With every pay monthly contracted sold (especially in the UK), an equivalent monthly insurance policy is sold too.  We're constantly reminded about the dangers of dropping the phone down the toilet, or smashing the screen, after inadvertently leaving the phone in your back pocket, or by damaging the outer casing by not having the correct protective membrane.  For another £12 a month, you can have 'piece of mind' that you're protected.  Great.

But what about the stuff the phone is actually used for?  Does that get protected too?  What stuff, why should I care about protecting that?



Why Should I Care?

Well, if your phone is used for work, it's quite likely you'll have a list of contacts.  Number information, perhaps email address information and perhaps address, job title and so on.  You may also have
 cross linked social networking account data for these contacts too - Twitter, LinkedIn, Facebook amongst others.  This is basically the digital version of your 'little black book'.  But they're just contacts, not really bothered about that.  Well you should be.
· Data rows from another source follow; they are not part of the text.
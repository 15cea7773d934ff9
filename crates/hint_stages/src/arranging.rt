//! In which order the splitters of each rank stand. A block of a rank stands over two halves side by side, which are
//! blocks of the rank before; the core is a block of eight lines with the ranks under it.
use crate::eight::CORE_ACROSS;
use crate::wiring::{Beside, Wiring, both_at};
use std::alloc::{AllocError, Global};
use std::mem::replace;

/// The splitters of ranks, from the last one to the first, each in the order of their columns.
pub type Rows = Vec<Vec<usize>>;

/// The most ranks of a butterfly: so many lines has none that a grid holds.
const MOST_RANKS: usize = 7;

/// Whether no splitter stands twice in a row; all have numbers below `count`.
fn are_apart(alloc: Global, row: &[usize], count: usize) -> Result<bool, AllocError> {
    let mut seen = vec![in alloc; false; count]?;
    for splitter in row {
        match seen.get_mut(*splitter) {
            Some(is_seen) if !*is_seen => *is_seen = true,
            _ => return Ok(false),
        }
    }
    Ok(true)
}

/// The splitters to which those of a row lead: one of each, in this order, and then the others. In the core the two
/// stand side by side. None where one doesn't lead to two.
fn next_row(
    alloc: Global,
    row: &[usize],
    behind: &[Beside],
) -> Result<Option<Vec<usize>>, AllocError> {
    let mut next = Vec::new(alloc);
    let mut others = Vec::new(alloc);
    for splitter in row {
        let Some((one, other)) = both_at(behind, *splitter) else {
            return Ok(None);
        };
        next.push(one)?;
        if are_side_by_side(row.len()) {
            next.push(other)?;
        } else {
            others.push(other)?;
        }
    }
    next.extend_from_slice(&others)?;
    Ok(Some(next))
}

/// Whether two splitters of the upper row that come from the same two stand side by side, where half a block has so many
/// splitters: so they do in the core, and over a channel they stand half a block apart.
fn are_side_by_side(half: usize) -> bool {
    half.saturating_mul(2) == CORE_ACROSS
}

/// The splitters of the last of `ranks` ranks to which `first`, in the first of them, leads, in the order of their
/// columns. None where one on the way doesn't lead to two, or is reached twice in the last rank.
fn reached(
    alloc: Global,
    behind: &[Beside],
    first: usize,
    ranks: usize,
) -> Result<Option<Vec<usize>>, AllocError> {
    let mut row = Vec::new(alloc);
    row.push(first)?;
    for _ in 1..ranks {
        match next_row(alloc, &row, behind)? {
            Some(next) => row = next,
            None => return Ok(None),
        }
    }
    if are_apart(alloc, &row, behind.len())? {
        Ok(Some(row))
    } else {
        Ok(None)
    }
}

/// The splitters from which those of a row come, each once. None where one of the row doesn't come from two.
fn row_before(
    alloc: Global,
    row: &[usize],
    before: &[Beside],
) -> Result<Option<Vec<usize>>, AllocError> {
    let mut seen = vec![in alloc; false; before.len()]?;
    let mut found = Vec::new(alloc);
    for splitter in row {
        let Some((one, other)) = both_at(before, *splitter) else {
            return Ok(None);
        };
        for source in &[one, other] {
            if let Some(is_seen) = seen.get_mut(*source) {
                if !*is_seen {
                    *is_seen = true;
                    found.push(*source)?;
                }
            }
        }
    }
    Ok(Some(found))
}

/// The splitters of so many ranks, from the last one, which is given, to the first, each rank in any order. None where
/// one doesn't come from two.
fn ranks_before(
    alloc: Global,
    last: &[usize],
    before: &[Beside],
    ranks: usize,
) -> Result<Option<Rows>, AllocError> {
    let mut row = Vec::from_slice(alloc, last)?;
    let mut rows = Vec::new(alloc);
    for _ in 1..ranks {
        match row_before(alloc, &row, before)? {
            Some(next) => rows.push(replace(&mut row, next))?,
            None => return Ok(None),
        }
    }
    rows.push(row)?;
    Ok(Some(rows))
}

/// The label of a splitter: two splitters of one rank have the same where they belong to the same half, or quarter, and so
/// on, of the ranks up to theirs.
fn label_at(labels: &[usize], splitter: usize) -> usize {
    labels.get(splitter).copied().unwrap_or(usize::MAX)
}

/// A label for each splitter of these ranks, which are listed from the last to the first: in the first rank that of
/// `first`, in each later one the lesser of the two that it comes from.
fn labels_of(
    alloc: Global,
    ranks: &[Vec<usize>],
    before: &[Beside],
    first: &[usize],
) -> Result<Vec<usize>, AllocError> {
    let mut labels = vec![in alloc; usize::MAX; before.len()]?;
    for (place, rank) in ranks.iter().rev().enumerate() {
        for splitter in rank {
            let label = match both_at(before, *splitter) {
                Some((one, other)) if place > 0 => {
                    label_at(&labels, one).min(label_at(&labels, other))
                }
                _ => label_at(first, *splitter),
            };
            if let Some(known) = labels.get_mut(*splitter) {
                *known = label;
            }
        }
    }
    Ok(labels)
}

/// The two splitters from which both at these places of a row come, first that of the half with the lesser label. None
/// where they don't come from the same two.
fn sources(
    row: &[usize],
    places: (usize, usize),
    before: &[Beside],
    labels: &[usize],
) -> Option<(usize, usize)> {
    let (one, other) = both_at(before, *row.get(places.0)?)?;
    if both_at(before, *row.get(places.1)?) != Some((one, other)) {
        None
    } else if label_at(labels, one) < label_at(labels, other) {
        Some((one, other))
    } else {
        Some((other, one))
    }
}

/// Writes a splitter's number to a place of a row, where the row has it.
fn write(row: &mut [usize], place: usize, splitter: usize) {
    if let Some(number) = row.get_mut(place) {
        *number = splitter;
    }
}

/// The row under one whose blocks have twice `half` splitters, each over two halves side by side, of which that with
/// the lesser labels stands to the left. None where two splitters don't come from the same two, as they should.
fn row_under(
    alloc: Global,
    row: &[usize],
    half: usize,
    before: &[Beside],
    labels: &[usize],
) -> Result<Option<Vec<usize>>, AllocError> {
    let mut next = vec![in alloc; usize::MAX; row.len()]?;
    for pair in 0..row.len() / 2 {
        let place = block_start(pair, half).saturating_add(pair % half.max(1));
        let opposite = place.saturating_add(half);
        let upper = if are_side_by_side(half) {
            (
                pair.saturating_mul(2),
                pair.saturating_mul(2).saturating_add(1),
            )
        } else {
            (place, opposite)
        };
        let Some((left, right)) = sources(row, upper, before, labels) else {
            return Ok(None);
        };
        write(&mut next, place, left);
        write(&mut next, opposite, right);
    }
    Ok(Some(next))
}

/// Where the block begins in which a pair with this number stands, where half a block has so many splitters.
fn block_start(pair: usize, half: usize) -> usize {
    (pair / half.max(1)).saturating_mul(half).saturating_mul(2)
}

/// The rows of a butterfly, from its last one, which is given, to its first. None where a row isn't one of a butterfly.
fn rows_under(
    alloc: Global,
    last: Vec<usize>,
    before: &[Beside],
    labels: &[usize],
) -> Result<Option<Rows>, AllocError> {
    let mut half = last.len() / 2;
    let mut row = last;
    let mut rows = Vec::new(alloc);
    for _ in 0..MOST_RANKS {
        if half == 0 {
            break;
        }
        match row_under(alloc, &row, half, before, labels)? {
            Some(next) => rows.push(replace(&mut row, next))?,
            None => return Ok(None),
        }
        half /= 2;
    }
    rows.push(row)?;
    Ok(Some(rows))
}

/// A direction in which a network is gone through: what lies before and behind each splitter, and the labels that splitters
/// of the first rank have: of two halves the one with the lesser labels stands to the left.
#[derive(Clone, Copy)]
struct Way<'a> {
    before: &'a [Beside],
    behind: &'a [Beside],
    labels: &'a [usize],
}

/// The rows of a butterfly of so many ranks, from the last to the first, that has this splitter in its first one. None
/// where there is no such butterfly.
fn butterfly_from(
    alloc: Global,
    way: Way,
    first: usize,
    ranks: usize,
) -> Result<Option<Rows>, AllocError> {
    let Some(last) = reached(alloc, way.behind, first, ranks)? else {
        return Ok(None);
    };
    let Some(sets) = ranks_before(alloc, &last, way.before, ranks)? else {
        return Ok(None);
    };
    let labels = labels_of(alloc, &sets, way.before, way.labels)?;
    rows_under(alloc, last, way.before, &labels)
}

/// A label for each splitter: its number.
fn numbers(alloc: Global, count: usize) -> Result<Vec<usize>, AllocError> {
    let mut labels = Vec::new(alloc);
    for number in 0..count {
        labels.push(number)?;
    }
    Ok(labels)
}

/// A label for each of so many splitters: its place in a row, or the greatest number where it isn't there.
fn places(alloc: Global, row: &[usize], count: usize) -> Result<Vec<usize>, AllocError> {
    let mut labels = vec![in alloc; usize::MAX; count]?;
    for (place, splitter) in row.iter().enumerate() {
        write(&mut labels, *splitter, place);
    }
    Ok(labels)
}

/// The rows of a butterfly that is followed along its edges, where this splitter stands in its first one; none where it
/// is no butterfly.
fn rows_onward(
    alloc: Global,
    wiring: &Wiring,
    first: usize,
    ranks: usize,
) -> Result<Option<Rows>, AllocError> {
    let labels = numbers(alloc, wiring.before.len())?;
    let way = Way {
        before: &wiring.before,
        behind: &wiring.behind,
        labels: &labels,
    };
    butterfly_from(alloc, way, first, ranks)
}

/// The rows of a butterfly that is followed against its edges from the row `shared` on. None where it is no butterfly,
/// or its first row doesn't come out in the order of `shared`.
fn rows_against(
    alloc: Global,
    wiring: &Wiring,
    shared: &[usize],
    ranks: usize,
) -> Result<Option<Rows>, AllocError> {
    let labels = places(alloc, shared, wiring.before.len())?;
    let way = Way {
        before: &wiring.behind,
        behind: &wiring.before,
        labels: &labels,
    };
    let Some(first) = shared.first().copied() else {
        return Ok(None);
    };
    let Some(rows) = butterfly_from(alloc, way, first, ranks)? else {
        return Ok(None);
    };
    match rows.last() {
        Some(row) if **row == *shared => Ok(Some(rows)),
        _ => Ok(None),
    }
}

/// The rows of a network that is laid stage by stage.
#[derive(Drop)]
pub struct Arranged {
    /// The rows of the butterfly whose last rank has the outputs.
    pub upper: Rows,
    /// Of a Benes network the rows of the butterfly against its edges, whose last rank has the inputs.
    pub lower: Rows,
}

/// What network it may be, by the number of its splitters.
#[derive(Clone, Copy)]
pub enum Shape {
    /// A butterfly of so many ranks.
    Butterfly(usize),
    /// A Benes network: two butterflies of so many ranks, which share one.
    Benes(usize),
}

impl Shape {
    /// How many ranks the network has.
    pub fn ranks(self) -> usize {
        match self {
            Shape::Butterfly(ranks) => ranks,
            Shape::Benes(ranks) => ranks.saturating_mul(2).saturating_sub(1),
        }
    }
}

/// What a network of so many splitters may be: `ranks` rows of 2^(`ranks` - 1) are a butterfly, and twice as many rows
/// but one a Benes network. None for other numbers.
pub fn shape_of(splitters: usize) -> Option<Shape> {
    let mut across = 1usize;
    for ranks in 1..=MOST_RANKS {
        if splitters == ranks.saturating_mul(across) {
            return Some(Shape::Butterfly(ranks));
        }
        let both = ranks.saturating_mul(2).saturating_sub(1);
        if splitters == both.saturating_mul(across) {
            return Some(Shape::Benes(ranks));
        }
        across = across.saturating_mul(2);
    }
    None
}

/// The rows of a Benes network of two butterflies of so many ranks each, where `first` has an input: the upper one
/// begins with the rank to which `first` leads, and the lower one goes back from there. None where it is no such
/// network.
fn benes_from(
    alloc: Global,
    wiring: &Wiring,
    first: usize,
    ranks: usize,
) -> Result<Option<Arranged>, AllocError> {
    let Some(middle) = reached(alloc, &wiring.behind, first, ranks)? else {
        return Ok(None);
    };
    let Some(beginning) = middle.first().copied() else {
        return Ok(None);
    };
    let Some(upper) = rows_onward(alloc, wiring, beginning, ranks)? else {
        return Ok(None);
    };
    let Some(shared) = upper.last() else {
        return Ok(None);
    };
    match rows_against(alloc, wiring, shared, ranks)? {
        Some(lower) => Ok(Some(Arranged { upper, lower })),
        None => Ok(None),
    }
}

/// The rows of a network of this shape, where it is one.
pub fn arrange(
    alloc: Global,
    wiring: &Wiring,
    shape: Shape,
) -> Result<Option<Arranged>, AllocError> {
    let Some(first) = wiring.first else {
        return Ok(None);
    };
    match shape {
        Shape::Butterfly(ranks) => match rows_onward(alloc, wiring, first, ranks)? {
            Some(upper) => Ok(Some(Arranged {
                upper,
                lower: Vec::new(alloc),
            })),
            None => Ok(None),
        },
        Shape::Benes(ranks) => benes_from(alloc, wiring, first, ranks),
    }
}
But it's not just your contact list that is on your phone.  What about all the emails you've sent and received?  If you use your mobile for full on work communication, this is the bit where the CISO/Infosec Manager has a bit of a wobbly over the whole Bring Your Own Device (BYOD) piece.  Your phone is suddenly an inadvertent extension of the corporate network.  Albeit, not particularly regulated or managed by the corporation.  Work related emails (should) contain work related content.  Attachments.  PDF's, spreadsheets, numbers, policies, customer details, accounts, records, meetings and so on.  All stored locally on your phone.
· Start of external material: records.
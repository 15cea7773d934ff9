//! Where the blocks of variables begin. A block has the variables of the facts of one kind.
ghost use Rattle.std.specs.Prelude.{◌≡◌, ◌<◌, ◌+◌, ◌-◌, ◌*◌, ◌^◌, []};
ghost use Rattle.bt_place.specs.Numbering.{variables};
ghost use Rattle.bt_place.specs.Blocks.{starts_of};
ghost use Rattle.bt_place.specs.inner.Blocks.{sizes_with};

use bt_facts::Class;

/// How much of each kind a request has, but for classes.
#[derive(Clone, Copy)]
pub struct Extent {
    pub width: usize,
    pub height: usize,
    pub splitters: usize,
    /// Twice as many as splitters.
    pub halves: usize,
    pub inputs: usize,
    /// The outputs that may stop on cells: all, where some are to stand at a side.
    pub stops: usize,
    /// The rows in which ends may stand: 4, where some are to stand in one.
    pub lines: usize,
    /// The greatest distance between the two ends of an underground pair.
    pub distances: usize,
}

/// Where each block of variables begins, after that of the classes which cells carry; and where all end.
#[derive(Clone, Copy)]
pub struct Starts {
    pub halves: usize,
    pub belts: usize,
    pub begins: usize,
    pub starts: usize,
    pub stops: usize,
    pub lies: usize,
    pub pairs: usize,
    pub tunnels: usize,
    pub goings: usize,
    pub columns: usize,
    pub rows: usize,
    pub points: usize,
    pub entering: usize,
    pub leaving: usize,
    pub held: usize,
    pub kinds: usize,
    pub places: usize,
    pub end: usize,
}

/// Where a block ends that begins at `from` and has so many rows, with so many variables each.
fn after(from: usize, rows: usize, each: usize) -> usize
    requires { from + rows * each < 2 ^ 64 }
    ensures { result ≡ from + rows * each }
{
    from + rows * each
}

/// Where the blocks begin behind that of halves, of which each cell has a part.
#[derive(Clone, Copy)]
struct OfCells {
    belts: usize,
    begins: usize,
    starts: usize,
    stops: usize,
    lies: usize,
    pairs: usize,
}

/// Where those begin behind that of pairs, of which each direction of a cell has a part, and where they end.
#[derive(Clone, Copy)]
struct OfTurns {
    tunnels: usize,
    goings: usize,
    columns: usize,
}

/// Where those begin behind that of columns, of which each splitter has a part.
#[derive(Clone, Copy)]
struct OfSplitters {
    rows: usize,
    points: usize,
    entering: usize,
    leaving: usize,
    held: usize,
}

/// Where the last ones begin, behind that of what is held, and where they end.
#[derive(Clone, Copy)]
struct LastOnes {
    kinds: usize,
    places: usize,
    end: usize,
}

/// Where the blocks begin of which each of so many cells has a part, behind that of halves, which begins at `halves`;
/// and where they end.
fn of_cells(halves: usize, spots: usize, extent: Extent) -> OfCells
    requires { halves + spots + spots + spots + spots * extent.inputs + spots * extent.stops
        + spots * extent.lines < 2 ^ 64 }
    ensures belts { result.belts ≡ halves + spots }
    ensures begins { result.begins ≡ halves + spots + spots }
    ensures starts { result.starts ≡ halves + spots + spots + spots }
    ensures stops { result.stops ≡ halves + spots + spots + spots + spots * extent.inputs }
    ensures lies { result.lies
        ≡ halves + spots + spots + spots + spots * extent.inputs + spots * extent.stops }
    ensures pairs { result.pairs ≡ halves + spots + spots + spots + spots * extent.inputs
        + spots * extent.stops + spots * extent.lines }
{
    let belts = after(halves, spots, 1);
    let begins = after(belts, spots, 1);
    let starts = after(begins, spots, 1);
    let stops = after(starts, spots, extent.inputs);
    let lies = after(stops, spots, extent.stops);
    OfCells {
        belts,
        begins,
        starts,
        stops,
        lies,
        pairs: after(lies, spots, extent.lines),
    }
}

/// Where the blocks begin of which each direction of each of so many cells has a part, behind that of pairs, which
/// begins at `pairs`; and where they end.
fn of_turns(pairs: usize, spots: usize, extent: Extent) -> OfTurns
    requires dirs { spots * 4 < 2 ^ 64 }
    requires columns { pairs + spots * 4 * extent.distances + spots * 4 + spots * 4 < 2 ^ 64 }
    ensures tunnels { result.tunnels ≡ pairs + spots * 4 * extent.distances }
    ensures goings { result.goings ≡ pairs + spots * 4 * extent.distances + spots * 4 }
    ensures columns { result.columns ≡ pairs + spots * 4 * extent.distances + spots * 4 + spots * 4 }
{
    let dirs = after(0, spots, 4);
    let tunnels = after(pairs, dirs, extent.distances);
    let goings = after(tunnels, dirs, 1);
    OfTurns {
        tunnels,
        goings,
        columns: after(goings, dirs, 1),
    }
}

/// Where the blocks begin of which each splitter has a part, behind that of columns, which begins at `columns`; and
/// where they end.
fn of_splitters(columns: usize, extent: Extent) -> OfSplitters
    requires { columns + extent.splitters * extent.width + extent.splitters * extent.height
        + extent.splitters * 4 + extent.splitters + extent.splitters < 2 ^ 64 }
    ensures rows { result.rows ≡ columns + extent.splitters * extent.width }
    ensures points { result.points
        ≡ columns + extent.splitters * extent.width + extent.splitters * extent.height }
    ensures entering { result.entering ≡ columns + extent.splitters * extent.width
        + extent.splitters * extent.height + extent.splitters * 4 }
    ensures leaving { result.leaving ≡ columns + extent.splitters * extent.width
        + extent.splitters * extent.height + extent.splitters * 4 + extent.splitters }
    ensures held { result.held ≡ columns + extent.splitters * extent.width
        + extent.splitters * extent.height + extent.splitters * 4 + extent.splitters + extent.splitters }
{
    let rows = after(columns, extent.splitters, extent.width);
    let points = after(rows, extent.splitters, extent.height);
    let entering = after(points, extent.splitters, 4);
    let leaving = after(entering, extent.splitters, 1);
    OfSplitters {
        rows,
        points,
        entering,
        leaving,
        held: after(leaving, extent.splitters, 1),
    }
}

/// Where the last two blocks begin, of what cells hold and of where splitters stand, behind that of the counter, which
/// begins at `held`; and where they end.
fn last_ones(held: usize, spots: usize, extent: Extent) -> LastOnes
    requires spots { spots + 1 < 2 ^ 64 }
    requires places { extent.splitters * spots < 2 ^ 64 }
    requires end { held + (spots + 1 - extent.halves) * extent.halves + spots * 21
        + extent.splitters * spots * 4 < 2 ^ 64 }
    ensures kinds { result.kinds ≡ held + (spots + 1 - extent.halves) * extent.halves }
    ensures places { result.places ≡ held + (spots + 1 - extent.halves) * extent.halves + spots * 21 }
    ensures end { result.end
        ≡ held + (spots + 1 - extent.halves) * extent.halves + spots * 21 + extent.splitters * spots * 4 }
{
    let spares = (spots + 1).saturating_sub(extent.halves);
    let kinds = after(held, spares, extent.halves);
    let places = after(kinds, spots, 21);
    let all = after(0, extent.splitters, spots);
    LastOnes {
        kinds,
        places,
        end: after(places, all, 4),
    }
}

/// Where each block begins.
/// What counts halves stands below what cells hold and where splitters are, so that a search which takes the highest
/// variable doesn't place halves on the first cells.
pub fn starts_of(extent: Extent, classes: &[Class]) -> Starts
    requires { variables (sizes_with extent classes.now []) < 2 ^ 64 }
    ensures { result ≡ starts_of (sizes_with extent classes.now []) }
{
    let spots = after(0, extent.width, extent.height);
    let halves = after(0, spots, classes.len());
    let cells = of_cells(halves, spots, extent);
    let turns = of_turns(cells.pairs, spots, extent);
    let splitters = of_splitters(turns.columns, extent);
    let last = last_ones(splitters.held, spots, extent);
    Starts {
        halves,
        belts: cells.belts,
        begins: cells.begins,
        starts: cells.starts,
        stops: cells.stops,
        lies: cells.lies,
        pairs: cells.pairs,
        tunnels: turns.tunnels,
        goings: turns.goings,
        columns: turns.columns,
        rows: splitters.rows,
        points: splitters.points,
        entering: splitters.entering,
        leaving: splitters.leaving,
        held: splitters.held,
        kinds: last.kinds,
        places: last.places,
        end: last.end,
    }
}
From a personal perspective, other aspects of data storage are a concern.  Geolocation data is now common to make the most out of a lot of key applications, like navigation and recommendation apps.  Suddenly your phone can easily pin point to the nearest metre where you are, and where you have been.  Social networking is all about the 'now' and being portable gives a smartphone the biggest edge over many social networking clients on the web and laptop platforms.  But how many times do you type in your username and password to access Twitter or Facebook on your phone?  With those tiny keys on the touch screen, you'll do it once or maybe twice, before hitting the 'save username and password' details button.  Singe Sign On is basically configured on your device.  Get access to the phone, get access to all your web and social networking related clients.

Attack Vectors

OK, so there's quite a lot of data on my phone.  But that's no different to my laptop right?  What's the big deal.  Well there are several.  The attack vectors for a smart phone are more prominent and more vulnerable than a laptop.  The first port of call, is that laptop and desktop operating systems, for all their issues and vulnerabilities, are more mature than smartphone operating system's like IOS or Android.  That maturity comes in the form of patching and basic approaches to security and protection.  Many smart phone operating systems are difficult to patch due to bandwidth limitations.  The second main difference between laptops and smart phones is anti-virus.  How many have AV for their phone?  Very few.  Whilst there are some smartphone specific iterations of AV software, many are incomplete or expensive, limiting their uptake.

The biggest threat to a smartphone is that of a physical attack.  Mainly due to it's size and value, theft is a major concern.  Once a physical device is stolen, there are two attack vectors.  One is via the console of the phone the second is via direct physical access to the SIM, on board memory and storage card memory.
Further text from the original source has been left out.